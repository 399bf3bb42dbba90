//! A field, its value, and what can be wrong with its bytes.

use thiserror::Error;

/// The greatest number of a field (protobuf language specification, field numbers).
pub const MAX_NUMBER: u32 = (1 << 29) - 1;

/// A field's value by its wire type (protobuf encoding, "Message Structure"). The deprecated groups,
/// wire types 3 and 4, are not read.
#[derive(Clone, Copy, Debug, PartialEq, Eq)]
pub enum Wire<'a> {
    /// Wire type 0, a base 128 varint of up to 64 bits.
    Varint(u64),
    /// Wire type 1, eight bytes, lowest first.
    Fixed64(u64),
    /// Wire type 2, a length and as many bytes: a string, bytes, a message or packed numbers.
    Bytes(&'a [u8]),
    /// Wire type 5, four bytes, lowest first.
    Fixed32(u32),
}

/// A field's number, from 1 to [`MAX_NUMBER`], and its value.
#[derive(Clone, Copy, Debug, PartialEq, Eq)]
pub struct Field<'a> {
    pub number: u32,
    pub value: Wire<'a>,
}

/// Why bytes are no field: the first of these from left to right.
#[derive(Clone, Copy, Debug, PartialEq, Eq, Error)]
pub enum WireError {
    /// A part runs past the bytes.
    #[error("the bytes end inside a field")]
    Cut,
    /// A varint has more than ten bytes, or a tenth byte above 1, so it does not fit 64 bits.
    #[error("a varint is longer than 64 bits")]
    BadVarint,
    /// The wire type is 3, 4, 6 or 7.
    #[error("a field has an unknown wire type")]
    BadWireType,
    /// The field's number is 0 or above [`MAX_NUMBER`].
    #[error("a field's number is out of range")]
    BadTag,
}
....
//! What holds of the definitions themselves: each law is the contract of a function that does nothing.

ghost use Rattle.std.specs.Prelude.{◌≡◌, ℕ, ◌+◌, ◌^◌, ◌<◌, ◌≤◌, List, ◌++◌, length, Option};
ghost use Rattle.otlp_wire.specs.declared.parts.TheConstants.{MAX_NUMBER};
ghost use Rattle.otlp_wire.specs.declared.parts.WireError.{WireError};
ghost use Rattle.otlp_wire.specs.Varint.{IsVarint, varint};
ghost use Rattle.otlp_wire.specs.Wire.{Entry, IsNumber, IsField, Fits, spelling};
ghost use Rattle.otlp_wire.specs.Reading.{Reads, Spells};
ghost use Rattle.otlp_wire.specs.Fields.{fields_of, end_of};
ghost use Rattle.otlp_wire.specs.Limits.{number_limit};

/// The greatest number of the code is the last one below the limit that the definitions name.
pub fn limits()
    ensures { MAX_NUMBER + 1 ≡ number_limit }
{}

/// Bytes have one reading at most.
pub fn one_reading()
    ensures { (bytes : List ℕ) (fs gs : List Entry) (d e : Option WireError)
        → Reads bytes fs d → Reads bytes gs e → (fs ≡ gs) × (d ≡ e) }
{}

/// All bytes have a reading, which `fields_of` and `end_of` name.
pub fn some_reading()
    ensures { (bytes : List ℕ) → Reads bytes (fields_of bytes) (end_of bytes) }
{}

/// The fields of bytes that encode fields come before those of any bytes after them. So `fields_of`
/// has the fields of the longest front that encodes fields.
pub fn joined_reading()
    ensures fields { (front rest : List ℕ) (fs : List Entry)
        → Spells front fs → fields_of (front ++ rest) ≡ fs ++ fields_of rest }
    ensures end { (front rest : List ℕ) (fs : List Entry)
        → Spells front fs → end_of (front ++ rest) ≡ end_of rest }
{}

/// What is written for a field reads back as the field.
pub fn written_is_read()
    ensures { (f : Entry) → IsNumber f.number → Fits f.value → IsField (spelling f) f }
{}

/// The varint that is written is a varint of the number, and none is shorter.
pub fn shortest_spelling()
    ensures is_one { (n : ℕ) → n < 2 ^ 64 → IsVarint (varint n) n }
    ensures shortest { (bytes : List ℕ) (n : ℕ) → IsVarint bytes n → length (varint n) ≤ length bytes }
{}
....
Write down every line of the data above that includes the string "from".

/// A field's number, from 1 to [`MAX_NUMBER`], and its value.
/// Why bytes are no field: the first of these from left to right.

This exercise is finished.